鍛え上げられた脚力と素早い対応には追いつかないものの、やや遅れてメイフィルが大きなバッグを肩から提げて走り寄ってくる。
それを確認しようともせず、カルヴィスは部下に対して視線と指を使った合図だけを送る。かなりの速度で組み替えられた合図を部下は正確に把握し、そして砂嵐の中へと姿を消していく。
「さあ、こっからは正念場だ」
カルヴィスは腰のホルスターから一挺の銃を抜き放つと、グリップをメイフィルに向けて差し出した。
「俺らもあんたを守るが、それだけじゃ十分じゃねえ。自分の命は自分で守んな」
その言葉に、メイフィルは驚きに目を見開いた。
話が違う。戦闘部隊がヴェイリーズを救出するのが主な目的であり、自分は基地内部のセキュリティシステムの掌握と攪乱のために同行しているのに。
だがメイフィルの表情から胸中を察したカルヴィスは、にやりと笑って見せた。
「まあ、それを使うってことは、俺らが全滅したってことだからな……心配すんな」
生まれて初めて握る銃は、メイフィルの腕に確かな重量を感じさせながら収まった。
しっかりと指に力を入れねば取り落としてしまいそうな、それ。この引き金を引けば、弾丸は発射される。そしてそれは、容易に人を殺せるだけの威力を持つのだ。あまりにも容易に、そしてあまりにも無表情に。

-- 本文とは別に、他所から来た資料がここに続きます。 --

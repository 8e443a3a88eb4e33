//! The values, through their public calls: well within and at the edges of their ranges.
ghost use Rattle.std.specs.Prelude.{◌≡◌, [], IfSome};

use std::alloc::Global;
use tsp_base::constants::{ELECT_MIN, HOLD, LIMIT};
use tsp_base::drift::{tick_at, width};
use tsp_base::header::{Header, HeaderFault, NodeLine};
use tsp_base::hold::Hold;
use tsp_base::kind::Kind;
use tsp_base::members::Members;
use tsp_base::message::{Body, Message};
use tsp_base::micros::Micros;
use tsp_base::name::{Name, NameFault};
use tsp_base::octets::Octets;
use tsp_base::place::PeerId;
use tsp_base::stamp::Stamp;

/// Times in microseconds, and whether they are in range.
const TIMES: &[(i64, bool)] = &[
    (-LIMIT - 1, false),
    (-LIMIT, true),
    (0, true),
    (LIMIT - 1, true),
    (LIMIT, false),
];

/// Tickets and readings, and whether a reply can have them.
const REPLIES: &[(u16, i64, bool)] = &[
    (32_767, LIMIT - 1, true),
    (32_768, 0, false),
    (0, LIMIT, false),
    (0, -LIMIT, false),
    (0, 1 - LIMIT, true),
];

#[test]
fn bounds_values(rt: HostRuntime) {
    for (value, fits) in TIMES {
        assert!(rt; Micros::of(*value).is_some() == *fits);
    }
    for (ticket, reading, fits) in REPLIES {
        assert!(rt; Stamp::reply(*ticket, 1, 2, *reading).is_some() == *fits);
    }
    assert!(rt; Octets::of(&[7; 300]).is_some() && Octets::of(&[7; 301]).is_none());
}

/// Octets that are names, and why other ones aren't.
const NAMES: &[(&[u8], Option<NameFault>)] = &[
    (b"", None),
    (b"alpha", None),
    (&[b'a'; 255], None),
    (&[b'a'; 256], Some(NameFault::TooLong)),
    (&[0; 256], Some(NameFault::TooLong)),
    (&[0; 255], Some(NameFault::HasNul)),
    (b"a\0b", Some(NameFault::HasNul)),
];

/// Whether octets are a name, of which a copy has them, or aren't for this fault.
fn is_name(octets: &[u8], fault: Option<NameFault>) -> bool {
    match Name::of(octets) {
        Ok(name) => fault.is_none() && name.copy().octets() == octets,
        Err(found) => fault == Some(found),
    }
}

#[test]
fn bounds_names(rt: HostRuntime) {
    for (octets, fault) in NAMES {
        assert!(rt; is_name(octets, *fault));
    }
    assert!(rt; Name::empty().octets().is_empty());
}

/// Whether a message of this kind can have this body.
fn can_have(kind: Kind, body: Body) -> bool {
    Message::of(kind, 7, body, Name::empty()).is_some()
}

/// Whether this is the kind of a number and of a word.
fn is_kind(number: u8, word: &[u8], kind: Kind) -> bool {
    Kind::of(number) == Some(kind)
        && kind.number() == number
        && Kind::of_word(word) == Some(kind)
        && kind.word() == word
}

/// Kinds and bodies, and whether a message can have them.
const BODIES: [(Kind, Body, bool); 4] = [
    (Kind::Loop, Body::Hops(3), true),
    (Kind::Ack, Body::Hops(0), false),
    (Kind::Ack, Body::Nothing, true),
    (Kind::AdjTime, Body::Nothing, false),
];

/// Numbers, words, and their kinds.
const KINDS: &[(u8, &[u8], Kind)] = &[
    (1, b"adjtime", Kind::AdjTime),
    (13, b"quit", Kind::Quit),
    (24, b"loop", Kind::Loop),
];

#[test]
fn matches_bodies_to_kinds(rt: HostRuntime) {
    let Some(time) = Micros::of(1234) else {
        panic!(rt; "the time is in range");
    };
    let time = Body::Time(time);
    assert!(rt; can_have(Kind::AdjTime, time) && !can_have(Kind::Loop, time));
    for (kind, body, fits) in BODIES {
        assert!(rt; can_have(kind, body) == fits);
    }
    for (number, word, kind) in KINDS {
        assert!(rt; is_kind(*number, word, *kind));
    }
    let none = Kind::of(0).is_none() && Kind::of(25).is_none();
    assert!(rt; none && Kind::of_word(b"quits").is_none());
}

/// Whether a peer may be backed from this tick on, and not one tick sooner.
fn may_back_from(hold: &Hold, tick: u64, peer: PeerId) -> bool {
    !hold.may_back(tick.saturating_sub(1), peer) && hold.may_back(tick, peer)
}

/// Whether the node may stand from this tick on, and not one tick sooner.
fn may_stand_from(hold: &Hold, tick: u64, own: PeerId) -> bool {
    !hold.may_stand(tick.saturating_sub(1), own) && hold.may_stand(tick, own)
}

#[test]
fn holds_and_stands(rt: HostRuntime) {
    let (own, other) = (PeerId(0), PeerId(1));
    let mut hold = Hold::new(5);
    assert!(rt; hold.may_back(5, other) && may_stand_from(&hold, 5 + ELECT_MIN, own));
    hold.back(10, other);
    assert!(rt; hold.may_back(11, other) && may_back_from(&hold, 10 + HOLD, own));
    hold.quit(100);
    assert!(rt; may_stand_from(&hold, 100 + ELECT_MIN, own));
}

/// Pushes a node without a name.
fn push(header: &mut Header, rate: i32, wall: i64) -> Result<(), HeaderFault>
    requires { header.old.nets ≡ [] }
    ensures { header.new.nets ≡ [] }
{
    let name = Name::empty();
    header.push(NodeLine {
        name,
        rate,
        wall,
        may: true,
    })
}

/// Whether a header with the drift 100 refuses nodes for their rate and then for their wall, and takes one.
fn refuses(header: &mut Header) -> bool
    requires { header.old.nets ≡ [] }
{
    push(header, 101, 0) == Err(HeaderFault::Rate)
        && push(header, 101, 1_000_000_000_000_001) == Err(HeaderFault::Rate)
        && push(header, -100, -1_000_000_000_000_001) == Err(HeaderFault::Wall)
        && push(header, -100, -1_000_000_000_000_000) == Ok(())
        && header.drift() == 100
        && header.nodes().len() == 1
}

#[test]
fn refuses_nodes(rt: HostRuntime) {
    let mut header = Header::new(rt.alloc(), 100, false);
    assert!(rt; refuses(&mut header));
}

/// A header of this many nodes.
fn header_of(alloc: Global, nodes: usize) -> Option<Header>
    ensures { IfSome result (λ header. header.nets ≡ []) }
{
    let mut header = Header::new(alloc, 0, true);
    for _ in 0..nodes {
        push(&mut header, 0, 0).ok()?;
    }
    Some(header)
}

/// Networks of three nodes, what comes of adding each, and whether the header is whole then.
const NETS: &[(&[u32], Result<(), HeaderFault>, bool)] = &[
    (&[], Err(HeaderFault::Net), true),
    (&[1, 0], Err(HeaderFault::Net), true),
    (&[1, 1], Err(HeaderFault::Net), true),
    (&[0, 3], Err(HeaderFault::Net), true),
    (&[0, 1], Ok(()), false),
    (&[1], Ok(()), false),
    (&[1], Ok(()), false),
    (&[0, 1, 2], Ok(()), true),
    (&[0, 1], Err(HeaderFault::Net), true),
    (&[0], Ok(()), true),
    (&[0, 2], Ok(()), true),
    (&[0], Err(HeaderFault::Net), true),
];

/// Whether the networks come of `NETS`.
fn takes_nets(header: &mut Header) -> bool {
    for (nodes, answer, whole) in NETS {
        if header.net(nodes) != *answer || header.whole() != *whole {
            return false;
        }
    }
    match header.nets() {
        [first, .., last] => first.numbers() == [0, 1].as_slice()
            && last.numbers() == [0, 2].as_slice(),
        _ => false,
    }
}

#[test]
fn refuses_networks(rt: HostRuntime) {
    let Some(mut header) = header_of(rt.alloc(), 3) else {
        panic!(rt; "three nodes are pushed");
    };
    let none = header.strict() && header.whole() && header.nets().is_empty();
    assert!(rt; none && takes_nets(&mut header));
}

/// Whether 64 networks of a node are taken, and no other one.
fn takes_64(header: &mut Header) -> bool {
    for node in 0..64 {
        if header.net(&[node]).is_err() || header.whole() != (node == 63) {
            return false;
        }
    }
    header.net(&[0]) == Err(HeaderFault::Nets)
        && header.net(&[]) == Err(HeaderFault::Nets)
        && header.nets().len() == 64
}

#[test]
fn bounds_networks(rt: HostRuntime) {
    let Some(mut header) = header_of(rt.alloc(), 64) else {
        panic!(rt; "64 nodes are pushed");
    };
    assert!(rt; takes_64(&mut header));
    assert!(rt; Members::of(&[7; 64]).is_some() && Members::of(&[7; 65]).is_none());
}

#[test]
fn counts_ticks(rt: HostRuntime) {
    assert!(rt; tick_at(0, 10) == 10 && tick_at(100, 10_000) == 10_001);
    assert!(rt; tick_at(-100, 10_000) == 9_999 && tick_at(-1, 1) == 0);
    assert!(rt; width(100, 10_000_000) == 1001 && width(0, 10_000_000) == 1);
}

その傍らで、カルヴィスの部下がドアを破り、次々に中へと飛び込んでいく。銃を握り締めながら覗いてみると、すぐに急な階段が地下へと伸びているだけだ。
「あの、フィオラさんたちは……」
「あの二人なら、東の潜入口から潜っているはずだ」
遠くに銃声が聞こえる。
それが、フィオラの打った式神による警備兵陽動の騒乱であると知るメイフィルは、こみ上げてくる不安をぎゅっと押し込める。
「行こう。これから先は時間との戦いだ」
説得され、メイフィルは頷くと、黒い戦闘服に身を包んだカルヴィスに続いて、階段を足早に下りていった。